Tumour volumes as measured on MRI and at different MTV thresholds are summarised in Table 5. There was a large positive correlation between MRI volume and MTV20–60 and no correlation with MRI volume and SUV2.5.

Table 5 Mean tumour volume measurements on MRI and [18F]-FDG PET/CT using the 3 methods. Correlation between MRI volume and MTV at each threshold. Difference between mean MRI volumes and MTV. The mean percentage change from the MRI volume is also given

There was no significant difference between the MRI volume and MTV25 for both readers. There was a significant difference between MRI volume and the other MTV values (Table 5).

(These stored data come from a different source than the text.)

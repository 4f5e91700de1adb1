// The key under which an index lists a node: its name, the size of a file or the stamp of the last change of its content, or what an
// attribute gives. What the key is says `key_in` of the plain tree.
#![tactic(auto)]

mod key;

pub use key::{attribute_key, is_sought, key_in};
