impl OpenPiece {
    /// A piece that was taken hold of, of which nothing was written or read yet.
    pub fn new(piece: Piece, places: Vec<u64>, bytes: Vec<u8>, block: Vec<u8>) -> OpenPiece
        requires room { length block.items ≡ 8192 }
        ensures { result ≡ record { hold = record { session = piece.session; id = piece.id; at = piece.at; length = piece.length; write = piece.write }; places = places.items; bytes = bytes.items; done = 0; fault = None; loaded = [] } }
    {
        OpenPiece {
            hold: Hold {
                session: piece.session,
                id: piece.id,
                at: piece.at,
                length: piece.length,
                write: piece.write,
            },
            places,
            bytes,
            block,
            done: 0,
            fault: None,
            loaded: 0,
        }
    }

    /// The session that holds it.
    pub fn session(&self) -> u32
        ensures { result ≡ self.now.hold.session }
    {
        self.hold.session
    }

    /// How many blocks are left that are read before they are written: those of which it has only a part, unless the buffer has the next one already.
    fn reads_left(&self, size: usize) -> u64
        requires some { 0 < size }
        requires small { size ≤ 8192 }
        ensures value { result ≡ reads_left size self.now }
        ensures few { result ≤ 2 }
    {
        if !self.hold.write {
            return 0;
        }
        let blocks = count_blocks(self.hold.at, self.done, self.bytes.len(), size);
        let from = skip_at(self.hold.at, self.done, size);
        let whole = count_whole(self.bytes.len() - self.done, from, size);
        let parts = blocks.saturating_sub(whole);
        if self.loaded == size {
            return parts.saturating_sub(1);
        }
        parts
    }

    /// How many disk calls are left to write or read it: none, once a fault was met.
    pub fn calls_left(&self, size: usize) -> u64
        requires some { 0 < size }
        requires small { size ≤ 8192 }
        ensures { result ≡ calls_left size self.now }
    {
        if self.fault.is_some() {
            return 0;
        }
        let blocks = count_blocks(self.hold.at, self.done, self.bytes.len(), size);
        blocks + self.reads_left(size)
    }

    /// Whether its next disk call reads a block of which a part is to be written.
    fn reads_next(&self, size: usize) -> bool
        requires some { 0 < size }
        requires small { size ≤ 8192 }
        ensures { result ≡ reads_next size self.now }
    {
        let from = skip_at(self.hold.at, self.done, size);
        let count = count_next(self.bytes.len() - self.done, size, from);
        self.hold.write && count < size && self.loaded != size
    }

    /// Whether a waiting group has the block that is to be written next; none is asked for of a piece that is read.
    pub fn waits<D: Disk>(&self, device: &Device<D>, size: usize) -> bool
        requires some { 0 < size }
        requires small { size ≤ 8192 }
        requires more { self.now.done < length self.now.bytes }
        requires many { length self.now.places ≡ piece_blocks size self.now.hold.at (length self.now.bytes) }
        ensures none { IsFalse result → self.now.hold.write ≡ true → newest_in device.now.books.groups (next_place size self.now) ≡ None }
        ensures some { IsTrue result → (self.now.hold.write ≡ true) × IsSome (newest_in device.now.books.groups (next_place size self.now)) }
    {
        if !self.hold.write {
            return false;
        }
        has_waiting(device, self.places[index_at(self.hold.at, self.done, size)])
    }

    /// The piece as it is let go, with this tag and this time, how it was made, and its bytes.
    pub fn into_parts(self, tag: u32, now: u64) -> (Piece, Result<(), DeviceFault>, Vec<u8>)
        ensures piece { result.0 ≡ record { session = self.hold.session; tag = tag; now = now; id = self.hold.id; at = self.hold.at; length = self.hold.length; write = self.hold.write } }
        ensures made { result.1 ≡ made_of self.fault }
        ensures bytes { result.2.items ≡ self.bytes }
    {
        let OpenPiece {
            hold,
            places: _,
            bytes,
            block: _,
            done: _,
            fault,
            loaded: _,
        } = self;
        let made = match fault {
            Some(fault) => Err(fault),
            None => Ok(()),
        };
        let piece = Piece {
            session: hold.session,
            tag,
            now,
            id: hold.id,
            at: hold.at,
            length: hold.length,
            write: hold.write,
        };
        (piece, made, bytes)
    }
}
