// Who is told how far a run has come.

/// Is told how far a run has come. It answers nothing, so that no result depends on it.
pub trait Watcher {
    /// So many lines of all were run. There are so many entries behind them, and so many groups became durable since the volume was mounted.
    fn lines(&self, done: u64, all: u64, entries: u64, groups: u64);
}

/// Nobody is told.
#[derive(Clone, Copy)]
pub struct Unwatched;

impl Watcher for Unwatched {
    fn lines(&self, _done: u64, _all: u64, _entries: u64, _groups: u64) {}
}
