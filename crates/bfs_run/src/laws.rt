// Laws of refusals for want of room: each is the contract of a function that does nothing.
ghost use Rattle.bfs_run.specs.NewLogs.{NewLogIsLong};
ghost use Rattle.bfs_run.specs.Rooms.{RoomIsFound, TakingWantsNoSpace, LogRoomIsFound};

/// No entry is answered for want of space where the image before it has a free run of four times as many blocks as its call has need of; and one
/// of a call that only takes out never is.
pub fn room_is_found()
    ensures room { RoomIsFound }
    ensures taking { TakingWantsNoSpace }
{}

/// No entry is answered for want of room in the log where the log takes as many blocks as its call has need of there; and so it is on a volume whose
/// log is as long as that of a new one, as long as trees, indices and calls are of modest size.
pub fn log_room_is_found()
    ensures room { LogRoomIsFound }
    ensures long { NewLogIsLong }
{}
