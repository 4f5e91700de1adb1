// A run of the shell: a script is read from a source, and its lines are run, one after the other, on a volume that is mounted for it
// and closed behind it (specs/Runs.antt says how a run ends, and what it leaves; specs/Scripts.antt what a line appends).
#![tactic(auto)]

mod ask;
mod laws;
mod line;
mod lines;
mod quiet;
mod run;
mod source;
mod watch;

pub use bfs_volume::{Unmounted, check as check};
pub use laws::{log_room_is_found, room_is_found};
pub use run::{Closed, Run, run_shell, run_workload};
pub use watch::{Unwatched, Watcher};
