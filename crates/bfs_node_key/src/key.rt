// The key under which an index lists a node.
ghost use Rattle.std.specs.Prelude.{◌≡◌, ◌≢◌, ℕ, List, Option, Some, None, true, false, if◌then◌else◌, IfSome, IfOk, IfErr, MatchResult};
ghost use Rattle.std.specs.FinMap.{get};
ghost use Rattle.std.specs.Option.{option_and_then};
ghost use Rattle.bfs_super.specs.Conditions.{IsValid};
ghost use Rattle.bfs_super.specs.Geometry.{geometry_of};
ghost use Rattle.bfs_bytes.specs.Fields.{unsigned_bytes, signed64_bytes};
ghost use Rattle.bfs_node.specs.Search.{IsSought};
ghost use Rattle.bfs_txn.specs.Faults.{AreLater, Counts};
ghost use Rattle.bfs_tree.specs.Answers.{info_of};
ghost use Rattle.bfs_tree.specs.Listings.{key_in, key_of_attribute};
ghost use Rattle.bfs_tree.specs.Trees.{Attributes, Node, is_file};
ghost use Rattle.bfs_maps.specs.Refused.{IsUndone, HasReadCause};
ghost use Rattle.bfs_attr.specs.Bearers.{volume_at, bearer_of, attributes_at, shown, HasAttributes, CanRead};

use bfs_attr::{AttrItem, attribute_of};
use bfs_make::Site;
use bfs_node::{KeyKind, TreeFault};
use bfs_stream_pages::MapFault;
use bfs_tree::{BY_NAME, BY_SIZE, BY_TIME, Bytes, Info, Kind, code_of, key_of_bytes};
use bfs_txn::Blocks;
use std::alloc::{AllocError, Global};

/// Can these bytes be looked for in an index of a kind? Text may have any length.
pub fn is_sought(kind: KeyKind, key: &[u8]) -> bool
    ensures sought { result ≡ true → IsSought kind key.now }
    ensures refused { result ≡ false → IsSought kind key.now → ⊥ }
{
    match kind {
        KeyKind::Text => true,
        KeyKind::I32 => key.len() == 4,
        KeyKind::U32 => key.len() == 4,
        KeyKind::I64 => key.len() == 8,
        KeyKind::U64 => key.len() == 8,
        KeyKind::F32 => false,
        KeyKind::F64 => false,
    }
}

/// A file is listed under these bytes, and no other node.
fn file_key(alloc: Global, kind: Kind, bytes: [u8; 8]) -> Result<Option<Bytes>, MapFault>
    ensures key { MatchResult result (λ k. k ≡ (if is_file kind then Some bytes else None)) IsUndone }
    ensures cause { (old new : Counts) → IfErr result (HasReadCause old new) }
{
    if !kind.is_file() {
        return Ok(None);
    }
    match Bytes::from_slice(alloc, &bytes) {
        Ok(key) => Ok(Some(key)),
        Err(_) => Err(TreeFault::NoMemory),
    }
}

/// The key of a file's size.
#[tactic(auto, unfolding(bfs_bytes::specs::Fields::unsigned_bytes))]
fn size_key(info: &Info) -> [u8; 8]
    ensures { result ≡ unsigned_bytes 8 info.now.size }
{
    info.size.to_le_bytes()
}

/// The key of the stamp of the last change of a file's content.
#[tactic(auto, unfolding(bfs_bytes::specs::Fields::unsigned_bytes, bfs_bytes::specs::Fields::signed64_bytes))]
fn stamp_key(info: &Info) -> [u8; 8]
    ensures { result ≡ signed64_bytes info.now.modified }
{
    info.modified.cast_unsigned().to_le_bytes()
}

/// The key that an attribute gives an index of a kind, if its type is that of the index.
fn key_of(alloc: Global, kind: KeyKind, item: &AttrItem) -> Result<Option<Bytes>, AllocError>
    ensures { IfOk result (λ k. k ≡ key_of_attribute kind (shown item.now)) }
{
    if item.kind == code_of(kind) {
        key_of_bytes(alloc, kind, item.bytes.as_slice())
    } else {
        Ok(None)
    }
}

/// The key under which an index of a kind and of an attribute's name lists a node, or None where it doesn't list it. No index that is built
/// in is spoken of.
pub fn attribute_key<B: Blocks>(
    site: Site,
    under: &mut B,
    id: u64,
    name: &[u8],
    kind: KeyKind,
) -> Result<Option<Bytes>, MapFault>
    requires valid { IsValid site.sup }
    requires size { B.size under.old ≡ site.sup.block_size }
    requires readable { (m : ℕ → Option (List ℕ)) → B.told under.old ≡ Some m → CanRead (bearer_of id site.sup) m }
    ensures key { (m : ℕ → Option (List ℕ)) (attributes : Attributes) → B.told under.old ≡ Some m → HasAttributes (volume_at (geometry_of site.sup) m) id → attributes ≡ attributes_at (volume_at (geometry_of site.sup) m) id → MatchResult result (λ k. k ≡ option_and_then (key_of_attribute kind) (get attributes name.now)) IsUndone }
    ensures sought { IfOk result (λ k. IfSome k (IsSought kind)) }
    ensures told { B.told under.new ≡ B.told under.old }
    ensures changed { B.changed under.new ≡ B.changed under.old }
    ensures pairs { B.pairs under.new ≡ B.pairs under.old }
    ensures size { B.size under.new ≡ B.size under.old }
    ensures frame { B.frame under.new ≡ B.frame under.old }
    ensures later { AreLater (B.counts under.old) (B.counts under.new) }
    ensures cause { IfErr result (HasReadCause (B.counts under.old) (B.counts under.new)) }
{
    let found = match attribute_of(site, under, id, name) {
        Ok(found) => found,
        Err(fault) => return Err(fault),
    };
    let Some(item) = found else {
        return Ok(None);
    };
    match key_of(site.alloc, kind, &item) {
        Ok(key) => Ok(key),
        Err(_) => Err(TreeFault::NoMemory),
    }
}

/// The key under which an index of a name and kind lists a node with a record, which isn't the root.
pub fn key_in<B: Blocks>(
    site: Site,
    under: &mut B,
    id: u64,
    info: &Info,
    index: &[u8],
    kind: KeyKind,
) -> Result<Option<Bytes>, MapFault>
    requires valid { IsValid site.sup }
    requires size { B.size under.old ≡ site.sup.block_size }
    requires readable { (m : ℕ → Option (List ℕ)) → B.told under.old ≡ Some m → CanRead (bearer_of id site.sup) m }
    ensures key { (m : ℕ → Option (List ℕ)) (root : ℕ) (n : Node) → B.told under.old ≡ Some m → HasAttributes (volume_at (geometry_of site.sup) m) id → n.attributes ≡ attributes_at (volume_at (geometry_of site.sup) m) id → info.now ≡ info_of n → id ≢ root → MatchResult result (λ k. k ≡ key_in root index.now kind id n) IsUndone }
    ensures told { B.told under.new ≡ B.told under.old }
    ensures changed { B.changed under.new ≡ B.changed under.old }
    ensures pairs { B.pairs under.new ≡ B.pairs under.old }
    ensures size { B.size under.new ≡ B.size under.old }
    ensures frame { B.frame under.new ≡ B.frame under.old }
    ensures later { AreLater (B.counts under.old) (B.counts under.new) }
    ensures cause { IfErr result (HasReadCause (B.counts under.old) (B.counts under.new)) }
{
    if index == BY_NAME {
        return match info.name.copy() {
            Ok(name) => Ok(Some(name)),
            Err(_) => Err(TreeFault::NoMemory),
        };
    }
    if index == BY_SIZE {
        return file_key(site.alloc, info.kind, size_key(info));
    }
    if index == BY_TIME {
        return file_key(site.alloc, info.kind, stamp_key(info));
    }
    match attribute_key(site, under, id, index, kind) {
        Ok(key) => Ok(key),
        Err(fault) => Err(fault),
    }
}
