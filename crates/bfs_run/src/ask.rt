// What is due is asked of a volume.
ghost use Rattle.std.specs.Prelude.{◌≡◌, ◌≢◌, ◌≤◌, ℕ, Some, true, false, length, IfOk, OnErr};
ghost use Rattle.bfs_tree.specs.Histories.{Mounted};
ghost use Rattle.bfs_tree.specs.Answers.{KeepsRanges};
ghost use Rattle.bfs_device_blocks.specs.Lent.{HasCore};
ghost use Rattle.bfs_core.specs.Moments.{Adoption};
ghost use Rattle.bfs_command.specs.declared.due.Due.TheVariants as dues;
ghost use Rattle.bfs_command.specs.Forms.{IsDueInForm, is_service};
ghost use Rattle.bfs_command.specs.Left.{makes};
ghost use Rattle.bfs_volume.specs.Stamps.{HasDrawn};
ghost use Rattle.bfs_volume.specs.Failing.{HasFailures};
ghost use Rattle.bfs_run.specs.Scripts.{HasMade};

use bfs_command::Due;
use bfs_disk::Disk;
use bfs_ports::Clock;
use bfs_tree::{Bytes, Call};
use bfs_volume::{SyncFault, Volume};
use std::alloc::{AllocError, Global};

/// A call.
fn call<D: Disk, C: Clock>(
    volume: &mut Volume<D, C>,
    session: u32,
    tag: u32,
    call: Call,
) -> Result<bool, AllocError>
    requires session { session ≢ 0 }
    requires service { is_service call ≡ false }
    requires ranges { KeepsRanges call }
    ensures asked { IfOk result (λ asked. asked ≡ true) }
    ensures made { IfOk result (λ asked. HasMade volume.old.space.view.history volume.new.space.view.history session tag (makes (dues.Call call))) }
    ensures no_memory { OnErr result (volume.new.space.view.history ≡ volume.old.space.view.history) }
    ensures clock { C.stands volume.new.clock ≡ C.stands volume.old.clock }
    ensures stamps { (s : ℕ) → C.stands volume.old.clock ≡ Some s → HasDrawn volume.old.space.view.history volume.new.space.view.history s }
    ensures core { (t0 : Mounted) (adopted : Adoption) → HasCore t0 adopted volume.old.space.view volume.old.device.books (D.state volume.old.device.disk) (D.clock volume.old.device.disk) (D.since volume.old.device.disk)
        → HasCore t0 adopted volume.new.space.view volume.new.device.books (D.state volume.new.device.disk) (D.clock volume.new.device.disk) (D.since volume.new.device.disk) }
    ensures later { D.faults volume.old.device.disk ≤ D.faults volume.new.device.disk }
    ensures disk_clock { D.clock volume.old.device.disk ≤ D.clock volume.new.device.disk }
    ensures failures { HasFailures volume.old.space.view.history volume.new.space.view.history volume.old.device.books.stop volume.new.device.books.stop (D.faults volume.old.device.disk) (D.faults volume.new.device.disk) (D.stops volume.old.device.disk) (D.stops volume.new.device.disk) }
{
    match volume.call(session, tag, call) {
        Ok(()) => Ok(true),
        Err(fault) => Err(fault),
    }
}

/// The writing of a piece.
fn write<D: Disk, C: Clock>(
    volume: &mut Volume<D, C>,
    session: u32,
    tag: u32,
    id: u64,
    at: u64,
    bytes: &[u8],
) -> Result<bool, AllocError>
    requires session { session ≢ 0 }
    ensures asked { IfOk result (λ asked. asked ≡ true) }
    ensures made { IfOk result (λ asked. HasMade volume.old.space.view.history volume.new.space.view.history session tag (makes (dues.Write id at bytes.now))) }
    ensures no_memory { OnErr result (volume.new.space.view.history ≡ volume.old.space.view.history) }
    ensures clock { C.stands volume.new.clock ≡ C.stands volume.old.clock }
    ensures stamps { (s : ℕ) → C.stands volume.old.clock ≡ Some s → HasDrawn volume.old.space.view.history volume.new.space.view.history s }
    ensures core { (t0 : Mounted) (adopted : Adoption) → HasCore t0 adopted volume.old.space.view volume.old.device.books (D.state volume.old.device.disk) (D.clock volume.old.device.disk) (D.since volume.old.device.disk)
        → HasCore t0 adopted volume.new.space.view volume.new.device.books (D.state volume.new.device.disk) (D.clock volume.new.device.disk) (D.since volume.new.device.disk) }
    ensures later { D.faults volume.old.device.disk ≤ D.faults volume.new.device.disk }
    ensures disk_clock { D.clock volume.old.device.disk ≤ D.clock volume.new.device.disk }
    ensures failures { HasFailures volume.old.space.view.history volume.new.space.view.history volume.old.device.books.stop volume.new.device.books.stop (D.faults volume.old.device.disk) (D.faults volume.new.device.disk) (D.stops volume.old.device.disk) (D.stops volume.new.device.disk) }
{
    match volume.write(session, tag, id, at, bytes) {
        Ok(()) => Ok(true),
        Err(fault) => Err(fault),
    }
}

/// The reading of a piece into a slice.
fn read_into<D: Disk, C: Clock>(
    volume: &mut Volume<D, C>,
    session: u32,
    tag: u32,
    id: u64,
    at: u64,
    into: &mut [u8],
) -> Result<bool, AllocError>
    requires session { session ≢ 0 }
    ensures asked { IfOk result (λ asked. asked ≡ true) }
    ensures made { IfOk result (λ asked. HasMade volume.old.space.view.history volume.new.space.view.history session tag (makes (dues.Read id at (length into.old)))) }
    ensures no_memory { OnErr result (volume.new.space.view.history ≡ volume.old.space.view.history) }
    ensures clock { C.stands volume.new.clock ≡ C.stands volume.old.clock }
    ensures stamps { (s : ℕ) → C.stands volume.old.clock ≡ Some s → HasDrawn volume.old.space.view.history volume.new.space.view.history s }
    ensures core { (t0 : Mounted) (adopted : Adoption) → HasCore t0 adopted volume.old.space.view volume.old.device.books (D.state volume.old.device.disk) (D.clock volume.old.device.disk) (D.since volume.old.device.disk)
        → HasCore t0 adopted volume.new.space.view volume.new.device.books (D.state volume.new.device.disk) (D.clock volume.new.device.disk) (D.since volume.new.device.disk) }
    ensures later { D.faults volume.old.device.disk ≤ D.faults volume.new.device.disk }
    ensures disk_clock { D.clock volume.old.device.disk ≤ D.clock volume.new.device.disk }
    ensures failures { HasFailures volume.old.space.view.history volume.new.space.view.history volume.old.device.books.stop volume.new.device.books.stop (D.faults volume.old.device.disk) (D.faults volume.new.device.disk) (D.stops volume.old.device.disk) (D.stops volume.new.device.disk) }
{
    match volume.read(session, tag, id, at, into) {
        Ok(()) => Ok(true),
        Err(fault) => Err(fault),
    }
}

/// So many bytes of room.
fn room(alloc: Global, count: usize) -> Result<Vec<u8>, AllocError>
    ensures { IfOk result (λ room. length room.items ≡ count) }
{
    vec![in alloc; 0u8; count]
}

/// The reading of a piece. Its bytes stay in the history alone.
fn read<D: Disk, C: Clock>(
    alloc: Global,
    volume: &mut Volume<D, C>,
    session: u32,
    tag: u32,
    id: u64,
    at: u64,
    count: u64,
) -> Result<bool, AllocError>
    requires session { session ≢ 0 }
    requires count { count ≤ 65536 }
    ensures asked { IfOk result (λ asked. asked ≡ true) }
    ensures made { IfOk result (λ asked. HasMade volume.old.space.view.history volume.new.space.view.history session tag (makes (dues.Read id at count))) }
    ensures no_memory { OnErr result (volume.new.space.view.history ≡ volume.old.space.view.history) }
    ensures clock { C.stands volume.new.clock ≡ C.stands volume.old.clock }
    ensures stamps { (s : ℕ) → C.stands volume.old.clock ≡ Some s → HasDrawn volume.old.space.view.history volume.new.space.view.history s }
    ensures core { (t0 : Mounted) (adopted : Adoption) → HasCore t0 adopted volume.old.space.view volume.old.device.books (D.state volume.old.device.disk) (D.clock volume.old.device.disk) (D.since volume.old.device.disk)
        → HasCore t0 adopted volume.new.space.view volume.new.device.books (D.state volume.new.device.disk) (D.clock volume.new.device.disk) (D.since volume.new.device.disk) }
    ensures later { D.faults volume.old.device.disk ≤ D.faults volume.new.device.disk }
    ensures disk_clock { D.clock volume.old.device.disk ≤ D.clock volume.new.device.disk }
    ensures failures { HasFailures volume.old.space.view.history volume.new.space.view.history volume.old.device.books.stop volume.new.device.books.stop (D.faults volume.old.device.disk) (D.faults volume.new.device.disk) (D.stops volume.old.device.disk) (D.stops volume.new.device.disk) }
{
    let mut into = match room(alloc, count as usize) {
        Ok(into) => into,
        Err(fault) => return Err(fault),
    };
    read_into(volume, session, tag, id, at, &mut into)
}

/// A sync, which has an entry where it failed too.
fn sync<D: Disk, C: Clock>(
    volume: &mut Volume<D, C>,
    session: u32,
    tag: u32,
) -> Result<bool, AllocError>
    requires session { session ≢ 0 }
    ensures asked { IfOk result (λ asked. asked ≡ true) }
    ensures made { IfOk result (λ asked. HasMade volume.old.space.view.history volume.new.space.view.history session tag (makes dues.Sync)) }
    ensures no_memory { OnErr result (volume.new.space.view.history ≡ volume.old.space.view.history) }
    ensures clock { C.stands volume.new.clock ≡ C.stands volume.old.clock }
    ensures stamps { (s : ℕ) → C.stands volume.old.clock ≡ Some s → HasDrawn volume.old.space.view.history volume.new.space.view.history s }
    ensures core { (t0 : Mounted) (adopted : Adoption) → HasCore t0 adopted volume.old.space.view volume.old.device.books (D.state volume.old.device.disk) (D.clock volume.old.device.disk) (D.since volume.old.device.disk)
        → HasCore t0 adopted volume.new.space.view volume.new.device.books (D.state volume.new.device.disk) (D.clock volume.new.device.disk) (D.since volume.new.device.disk) }
    ensures later { D.faults volume.old.device.disk ≤ D.faults volume.new.device.disk }
    ensures disk_clock { D.clock volume.old.device.disk ≤ D.clock volume.new.device.disk }
    ensures failures { HasFailures volume.old.space.view.history volume.new.space.view.history volume.old.device.books.stop volume.new.device.books.stop (D.faults volume.old.device.disk) (D.faults volume.new.device.disk) (D.stops volume.old.device.disk) (D.stops volume.new.device.disk) }
{
    match volume.sync(session, tag) {
        Ok(_) => Ok(true),
        Err(fault) => match fault {
            SyncFault::NoMemory => Err(AllocError),
            SyncFault::Disk { .. } => Ok(true),
            SyncFault::Stopped { .. } => Ok(true),
        },
    }
}

/// Asks for what is due, and tells whether anything was.
pub fn ask<D: Disk, C: Clock>(
    alloc: Global,
    volume: &mut Volume<D, C>,
    session: u32,
    tag: u32,
    due: Due,
) -> Result<bool, AllocError>
    requires session { session ≢ 0 }
    requires form { IsDueInForm due }
    ensures made { IfOk result (λ asked. asked ≡ true → HasMade volume.old.space.view.history volume.new.space.view.history session tag (makes due)) }
    ensures nothing { IfOk result (λ asked. asked ≡ false → due ≡ dues.Nothing) }
    ensures idle { IfOk result (λ asked. asked ≡ false → volume.new.space.view.history ≡ volume.old.space.view.history) }
    ensures no_memory { OnErr result (volume.new.space.view.history ≡ volume.old.space.view.history) }
    ensures clock { C.stands volume.new.clock ≡ C.stands volume.old.clock }
    ensures stamps { (s : ℕ) → C.stands volume.old.clock ≡ Some s → HasDrawn volume.old.space.view.history volume.new.space.view.history s }
    ensures core { (t0 : Mounted) (adopted : Adoption) → HasCore t0 adopted volume.old.space.view volume.old.device.books (D.state volume.old.device.disk) (D.clock volume.old.device.disk) (D.since volume.old.device.disk)
        → HasCore t0 adopted volume.new.space.view volume.new.device.books (D.state volume.new.device.disk) (D.clock volume.new.device.disk) (D.since volume.new.device.disk) }
    ensures later { D.faults volume.old.device.disk ≤ D.faults volume.new.device.disk }
    ensures disk_clock { D.clock volume.old.device.disk ≤ D.clock volume.new.device.disk }
    ensures failures { HasFailures volume.old.space.view.history volume.new.space.view.history volume.old.device.books.stop volume.new.device.books.stop (D.faults volume.old.device.disk) (D.faults volume.new.device.disk) (D.stops volume.old.device.disk) (D.stops volume.new.device.disk) }
{
    match due {
        Due::Call { call: due } => call(volume, session, tag, due),
        Due::Write { id, at, bytes } => write(volume, session, tag, id, at, bytes.as_slice()),
        Due::Read { id, at, length } => read(alloc, volume, session, tag, id, at, length),
        Due::Sync => sync(volume, session, tag),
        Due::Nothing => Ok(false),
    }
}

For method 1, MTV25 and MTV30 were closest to the MRI volumes for both readers (mean percentage change from MRI volume of 2.9% and 13.4% for MTV25 and − 13.1% and − 2.0% for MTV30 for readers 1 and 2 respectively) (Table 5, Fig. 1). For method 2 (ellipse isocontour method), MTV25 and MTV30 were also closest to the MRI volumes for both readers (mean percentage change from MRI volume of − 3.9% and − 8.6% for MTV25 and − 16.9% and − 19% for MTV30 for readers 1 and 2 respectively) (Table 5 and Fig. 2). In addition, the best correlation was at the MTV25 and MTV30 for both readers although there was also excellent correlation with an r > 0.75 between MTV20 to MTV40 and the absolute SUV2.5.

Fig. 2
figure2

Method 2 ellipsoid isocontour method: FDG PET, a coronal view, b axial, c sagittal. The user encircles the ellipsoid isocontour around the tumour (in pink), and the software segments the tumour within. Different MTV thresholds can be selected. The blue chevron indicates the bladder. The thin green arrow indicates the tumour outside the ellipsoid isocontour, which despite adjustments cannot include the tumour in its entirety and exclude the bladder. This lesion SUVmax 15.1, MTV 26.5 ml

The higher thresholds MTV40 to MTV60 significantly underestimated tumour volumes for both percentage threshold methods. For example, the MTV40 had a good positive correlation with the MRI volume, but the volumes were underestimated by a mean of 39.1% for reader 1 and 31.1% for reader 2 for method 1 and 38.2% and 38.5% respectively for method 2.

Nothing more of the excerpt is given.